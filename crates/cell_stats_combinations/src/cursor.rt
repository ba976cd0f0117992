//! Walks along the rows of several maps, run by run.

ghost use Rattle.std.specs.Prelude.{◌≡◌, ◌<◌, ◌≤◌, length, map, drop, All, OnOk, IfOk};
ghost use Rattle.cell_core.specs.Grid.{row_at};
ghost use Rattle.cell_core.specs.Runs.{cells_of_runs};
ghost use Rattle.cell_stats_combinations.specs.Combinations.{ArePicksOnShelf};
ghost use Rattle.cell_stats_combinations.specs.Cursors.{to_come, CursorHasNoEmptyLaterRun, RowsAreAsWideAsRegion, row_of_map_at_place};

use cell_core::cell::Cell;
use cell_core::map::CellMap;
use cell_core::memory::Memory;
use cell_core::shelf::Shelf;
use cell_core::stretches::RunsOrCells;
use std::alloc::Global;
use std::marker::Model;

/// A position in a row: the current cell, the remaining number of columns with this cell, and the runs after them.
#[derive(Drop)]
pub struct RowCursor<'a> {
    runs: RunsOrCells<'a>,
    cell: Cell,
    left: u32,
}

impl<'a> Model for RowCursor<'a> {
    ghost use Rattle.cell_stats_combinations.specs.Cursors.{RunCursorValue, cursor_encoding};

    ghost Value = { RunCursorValue };

    ghost coded = { cursor_encoding };

    ghost view = { λ c. record { runs = c.runs; cell = c.cell; left = c.left } };
}

impl<'a> RowCursor<'a> {
    // Returns a cursor at the first cell of a row.
    fn over(mut runs: RunsOrCells<'a>) -> RowCursor<'a>
        requires { All (λ run. 0 < run.1) runs }
        ensures cells { to_come result ≡ cells_of_runs runs.entry }
        ensures ready { CursorHasNoEmptyLaterRun result }
    {
        match runs.next() {
            Some((cell, left)) => RowCursor { runs, cell, left },
            None => RowCursor {
                runs,
                cell: Cell::null(),
                left: 0,
            },
        }
    }

    // Moves by `count` columns of the current run.
    #[inline(always)]
    fn pass(&mut self, count: u32)
        requires within { count ≤ self.old.left }
        requires ready { CursorHasNoEmptyLaterRun self.old }
        ensures cells { to_come self.new ≡ drop count (to_come self.old) }
        ensures ready { CursorHasNoEmptyLaterRun self.new }
    {
        self.left -= count;
        if self.left == 0 {
            if let Some((cell, left)) = self.runs.next() {
                self.cell = cell;
                self.left = left;
            }
        }
    }
}

/// Returns a cursor at the first cell of a row of a map.
pub fn start<'a>(map: &'a CellMap, row: u32) -> RowCursor<'a>
    requires { row < map.now.region.rows }
    ensures cells { to_come result ≡ row_at map.now row }
    ensures width { length (row_at map.now row) ≡ map.now.region.cols }
    ensures ready { CursorHasNoEmptyLaterRun result }
{
    RowCursor::over(map.stretches(row))
}

// Returns cursors at the first cell of a row of each picked map.
fn cursors_at_row_start<'a>(
    alloc: Global,
    shelf: &'a Shelf,
    picks: &[usize],
    row: u32,
) -> Result<Vec<RowCursor<'a>>, Memory>
    requires picked { ArePicksOnShelf shelf.now picks.now }
    requires row_in_range { row < shelf.now.region.rows }
    ensures cells { IfOk result
        (λ cursors. map to_come cursors.items ≡ map
        (row_of_map_at_place shelf.now.maps row) picks.now) }
    ensures width { OnOk result (RowsAreAsWideAsRegion shelf.now row picks.now) }
    ensures ready { IfOk result (λ cursors. All CursorHasNoEmptyLaterRun cursors.items) }
{
    let mut cursors = Vec::with_capacity(alloc, picks.len())?;
    for place in picks {
        cursors.push(start(shelf.map(*place), row))?;
    }
    Ok(cursors)
}

/// Returns cursors over the picked maps, in the last row. They are then moved from row to row, so that memory is
/// allocated once.
///
/// # Errors
///
/// `Memory` if memory runs out.
pub fn cursors_over_maps<'a>(
    alloc: Global,
    shelf: &'a Shelf,
    picks: &[usize],
) -> Result<Vec<RowCursor<'a>>, Memory>
    requires { ArePicksOnShelf shelf.now picks.now }
    ensures { IfOk result (λ cursors. length cursors.items ≡ length picks.now) }
{
    let row = shelf.region().rows() - 1;
    cursors_at_row_start(alloc, shelf, picks, row)
}

/// Moves all cursors to the first cell of a row.
pub fn move_cursors_to_row_start<'a>(
    cursors: &mut [RowCursor<'a>],
    shelf: &'a Shelf,
    picks: &[usize],
    row: u32,
)
    requires picked { ArePicksOnShelf shelf.now picks.now }
    requires row_in_range { row < shelf.now.region.rows }
    requires width { length cursors.old ≡ length picks.now }
    ensures cells { map to_come cursors.new ≡ map
        (row_of_map_at_place shelf.now.maps row) picks.now }
    ensures width { RowsAreAsWideAsRegion shelf.now row picks.now }
    ensures ready { All CursorHasNoEmptyLaterRun cursors.new }
{
    for i in 0..picks.len() {
        cursors[i] = start(shelf.map(picks[i]), row);
    }
}

// Returns the smaller of two numbers of columns.
fn lesser_column_count(a: u32, b: u32) -> u32
    ensures first { result ≤ a }
    ensures second { result ≤ b }
    ensures some { 0 < a → 0 < b → 0 < result }
{
    a.min(b)
}

/// Moves all cursors by `count` columns of their current runs, and writes the cells there. Returns for how many of the
/// next `left` columns all cells stay the same.
#[inline(always)]
pub fn advance_cursors_and_write_cells(
    cursors: &mut [RowCursor],
    count: u32,
    left: u32,
    cells: &mut [Cell],
) -> u32
    requires within { All (λ c. count ≤ c.left) cursors.old }
    requires ready { All CursorHasNoEmptyLaterRun cursors.old }
    requires width { length cells.old ≡ length cursors.old }
    ensures cells { cells.new ≡ map (λ c. c.cell) cursors.new }
    ensures passed { map to_come cursors.new ≡ map (λ c. drop count (to_come c)) cursors.old }
    ensures ready { All CursorHasNoEmptyLaterRun cursors.new }
    ensures least { All (λ c. result ≤ c.left) cursors.new }
    ensures most { result ≤ left }
    ensures some { All (λ c. 0 < c.left) cursors.new → 0 < left → 0 < result }
{
    let mut least = left;
    for i in 0..cursors.len() {
        let cursor = &mut cursors[i];
        cursor.pass(count);
        cells[i] = cursor.cell;
        least = lesser_column_count(least, cursor.left);
    }
    least
}
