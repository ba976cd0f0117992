//! Places that each hold an entry of one or two maps.

use cell_core::cell::Cell;

/// The largest number of maps of an entry in a place.
pub const MAX_MAPS_OF_COUNT_SLOT: usize = 2;

/// A combination and its count. A place whose count is 0 is free.
#[derive(Clone, Copy)]
pub struct CombinationCountSlot {
    /// The cell of each map.
    pub cells: [Cell; MAX_MAPS_OF_COUNT_SLOT],
    /// The number of cells that have the combination.
    pub count: u64,
}
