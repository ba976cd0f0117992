//! Numbers of cells, which hashes and sorting use.

use cell_core::cell::Cell;

/// A multiplier that spreads the bits of a number: 2^64 divided by the golden ratio.
pub const HASH_MULTIPLIER: u64 = 11400714819323198485;

/// Returns the code of a cell: 0 for null, since the lowest number is not a category.
#[inline(always)]
pub fn code_of_cell(cell: Cell) -> u64 {
    let number = cell.get().unwrap_or(i32::MIN);
    (i64::from(number) + 2147483648) as u64
}
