//! Laws about reading combinations.

ghost use Rattle.cell_stats_combinations.specs.ComboReading.{TextsAreReadAsCombinations};

/// A text is read as a combination if and only if it spells this combination with the expected width.
pub fn texts_are_read_as_combinations()
    ensures { TextsAreReadAsCombinations }
{}
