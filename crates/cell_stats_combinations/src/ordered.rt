//! Sorts a list of entries, and adds up the entries of each combination.

ghost use Rattle.std.specs.Prelude.{◌≡◌, ◌+◌, ◌<◌, IsTrue, length, take};
ghost use Rattle.std.specs.declared.cmp.Ordering.TheVariants.{Less};
ghost use Rattle.cell_stats_combinations.specs.Combinations.{combination_cmp};
ghost use Rattle.cell_stats_combinations.specs.Listed.{NoEntryCountIsZero, CombinationsAreAscending, ListedCountsFitInSixtyFourBits, ListsHaveSameCounts};
ghost use Rattle.cell_stats_combinations.specs.parts.Joined.{TellsIfCombinationsAreEqual, SumOfEqualEntriesFits, CombinationsNeverDescend, AddsUpOneMoreEntry};

use crate::combination::Combo;
use std::cmp::Ordering;

// Returns whether two entries count the same combination.
fn entries_have_same_combination(entries: &[(Combo, u64)], a: usize, b: usize) -> bool
    requires { (a < length entries.now) × (b < length entries.now) }
    ensures { TellsIfCombinationsAreEqual entries.now a b result }
{
    entries[a].0 == entries[b].0
}

// Adds the entry at a place to the last entry if both have the same combination; otherwise keeps it as the next entry.
// Returns the last place.
fn add_up_or_keep_entry(entries: &mut [(Combo, u64)], last: usize, at: usize) -> usize
    requires places { (last < at) × (at < length entries.old) }
    requires fits { SumOfEqualEntriesFits entries.old last at }
    ensures joined { AddsUpOneMoreEntry entries.old last at entries.new result }
{
    if entries_have_same_combination(entries, at, last) {
        let more = entries[at].1;
        entries[last].1 += more;
        return last;
    }
    entries.swap(last + 1, at);
    last + 1
}

// Adds up the entries of each combination in an ordered list, at its start. Returns the number of combinations.
fn add_up_entries_of_combinations(entries: &mut [(Combo, u64)]) -> usize
    requires rising { CombinationsNeverDescend entries.old }
    requires fits { ListedCountsFitInSixtyFourBits entries.old }
    requires no_zero { NoEntryCountIsZero entries.old }
    ensures ascending { CombinationsAreAscending (take result entries.new) }
    ensures counts { ListsHaveSameCounts entries.old (take result entries.new) }
    ensures no_zero { NoEntryCountIsZero (take result entries.new) }
{
    if entries.is_empty() {
        return 0;
    }
    let mut last = 0;
    for at in 1..entries.len() {
        last = add_up_or_keep_entry(entries, last, at);
    }
    last + 1
}

// Returns whether a combination is less than another. In most cases, the first cells decide.
#[inline(always)]
fn combination_is_less(one: &Combo, other: &Combo) -> bool
    ensures { IsTrue result → combination_cmp one.now other.now ≡ Less }
{
    let mine = one.cells();
    let theirs = other.cells();
    if mine.len() > 0 && theirs.len() > 0 && mine[0] < theirs[0] {
        return true;
    }
    one.cmp(other) == Ordering::Less
}

// Returns whether each combination is above the one before it.
fn entries_are_ascending(entries: &[(Combo, u64)]) -> bool
    ensures { IsTrue result → CombinationsAreAscending entries.now }
{
    for at in 1..entries.len() {
        if !combination_is_less(&entries[at - 1].0, &entries[at].0) {
            return false;
        }
    }
    true
}

/// Sorts the list, with one entry per combination.
pub fn sorted_entries_with_summed_counts(mut entries: Vec<(Combo, u64)>) -> Vec<(Combo, u64)>
    requires fits { ListedCountsFitInSixtyFourBits entries.items }
    requires no_zero { NoEntryCountIsZero entries.items }
    ensures ascending { CombinationsAreAscending result.items }
    ensures counts { ListsHaveSameCounts entries.items result.items }
    ensures no_zero { NoEntryCountIsZero result.items }
{
    if entries_are_ascending(&entries) {
        return entries;
    }
    entries.sort_unstable();
    let kept = add_up_entries_of_combinations(entries.as_mut_slice());
    entries.truncate(kept);
    entries
}
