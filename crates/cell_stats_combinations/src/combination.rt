//! Combinations: one cell from each of several maps.

ghost use Rattle.std.specs.Prelude.{◌≡◌, ◌<◌, ◌↔◌, IfOk, IsTrue, Some, length, slice_get, take};
ghost use Rattle.cell_stats_combinations.specs.Combinations.{combination_cmp};

use cell_core::cell::Cell;
use cell_core::memory::Memory;
use std::alloc::Global;
use std::cmp::Ordering;
use std::marker::Model;

// Maximum number of cells stored without an allocation.
const MIN_COMBINATIONS_FOR_RADIX_SORT: usize = 4;

// The cells of a combination: a few cells with their number, or many.
#[derive(Debug, Drop)]
enum Cells {
    Few([Cell; MIN_COMBINATIONS_FOR_RADIX_SORT], usize),
    Many(Vec<Cell>),
}

/// One cell from each of several maps, in the order in which the maps were picked. Combinations are ordered by their
/// first cell, then by their second, and so on (r.stats manual; null is last: profile).
#[derive(Debug, Drop)]
pub struct Combo {
    cells: Cells,
}

impl Model for Combo {
    ghost use Rattle.cell_stats_combinations.specs.Combinations.{Combination};

    ghost Value = { Combination };

    ghost use Rattle.cell_stats_combinations.specs.parts.Few.{cells_of_combination};

    ghost view = { λ combo. cells_of_combination combo.cells };
}

impl Combo {
    // Returns the combination of these cells.
    pub(crate) fn of(cells: Vec<Cell>) -> Combo
        ensures { result ≡ cells.items }
    {
        Combo {
            cells: Cells::Many(cells),
        }
    }

    /// Returns a combination with copies of these cells.
    ///
    /// # Errors
    ///
    /// `Memory` if memory runs out.
    pub fn from_cells(alloc: Global, cells: &[Cell]) -> Result<Combo, Memory>
        ensures { IfOk result (λ combo. combo ≡ cells.now) }
    {
        if cells.len() <= MIN_COMBINATIONS_FOR_RADIX_SORT {
            let mut few = [Cell::null(); MIN_COMBINATIONS_FOR_RADIX_SORT];
            few[..cells.len()].copy_from_slice(cells);
            return Ok(Combo {
                cells: Cells::Few(few, cells.len()),
            });
        }
        let many = Vec::from_slice(alloc, cells)?;
        Ok(Combo {
            cells: Cells::Many(many),
        })
    }

    /// Returns the combination of the first `width` of two cells. Needs no memory.
    #[inline(always)]
    pub fn of_first_cells_of_pair(cells: [Cell; 2], width: usize) -> Combo
        ensures { result ≡ take width cells }
    {
        let [first, second] = cells;
        let few = [first, second, Cell::null(), Cell::null()];
        Combo {
            cells: Cells::Few(few, width.min(2)),
        }
    }

    /// Returns the number of cells.
    pub fn len(&self) -> usize
        ensures { result ≡ length self.now }
    {
        self.cells().len()
    }

    /// Returns the cell of the map that was picked at index `i`.
    pub fn get(&self, i: usize) -> Cell
        requires { i < length self.now }
        ensures { slice_get self.now i ≡ Some result }
    {
        self.cells()[i]
    }

    /// Returns the cells in order.
    #[inline(always)]
    pub fn cells(&self) -> &[Cell]
        ensures { result.now ≡ self.now }
    {
        match &self.cells {
            Cells::Few(few, count) => &few[..(*count).min(MIN_COMBINATIONS_FOR_RADIX_SORT)],
            Cells::Many(many) => many,
        }
    }

    /// Overwrites the cells with an equal number of new cells.
    #[inline(always)]
    pub fn write(&mut self, cells: &[Cell])
        requires { length cells.now ≡ length self.old }
        ensures { self.new ≡ cells.now }
    {
        match &mut self.cells {
            Cells::Few(few, _) => few[..cells.len()].copy_from_slice(cells),
            Cells::Many(many) => many.as_mut_slice().copy_from_slice(cells),
        }
    }
}

impl PartialEq for Combo {
    ghost use Rattle.std.specs.Ordering.{eq_by_cmp};
    ghost use Rattle.std.specs.Cmp.{partial_equiv_from_equiv, eq_by_cmp_equiv};
    ghost use Rattle.cell_stats_combinations.specs.Combinations.{combination_cmp, combination_cmp_total};

    ghost eq = { eq_by_cmp combination_cmp };

    ghost laws = { partial_equiv_from_equiv (eq_by_cmp_equiv combination_cmp_total) };

    fn eq(&self, other: &Combo) -> bool {
        self.cmp(other) == Ordering::Equal
    }
}

impl Eq for Combo {
    ghost use Rattle.std.specs.Cmp.{eq_by_cmp_equiv};
    ghost use Rattle.cell_stats_combinations.specs.Combinations.{combination_cmp_total};

    ghost laws = { eq_by_cmp_equiv combination_cmp_total };
}

impl PartialOrd for Combo {
    ghost use Rattle.std.specs.Prelude.{refl};
    ghost use Rattle.std.specs.Ordering.{as_partial_cmp};
    ghost use Rattle.std.specs.Cmp.{po};
    ghost use Rattle.cell_stats_combinations.specs.Combinations.{combination_cmp, combination_cmp_total};

    ghost partial_cmp = { as_partial_cmp combination_cmp };

    ghost laws = { po combination_cmp_total (λ x y. refl) };

    fn partial_cmp(&self, other: &Combo) -> Option<Ordering> {
        Some(self.cmp(other))
    }
}

impl Ord for Combo {
    ghost use Rattle.std.specs.Prelude.{refl};
    ghost use Rattle.cell_stats_combinations.specs.Combinations.{combination_cmp, combination_cmp_total};

    ghost cmp = { combination_cmp };

    ghost total = { combination_cmp_total };

    ghost matches_partial_cmp = { λ x y. refl };

    ghost matches_eq = { λ x y. refl };

    #[inline(always)]
    fn cmp(&self, other: &Combo) -> Ordering {
        self.cells().cmp(other.cells())
    }
}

* ACTIVITY
Find each line in the listing above that contains "second", and copy that line.

* ANSWER SPACE
    ensures second { result ≤ b }
/// first cell, then by their second, and so on (r.stats manual; null is last: profile).
        let [first, second] = cells;
        let few = [first, second, Cell::null(), Cell::null()];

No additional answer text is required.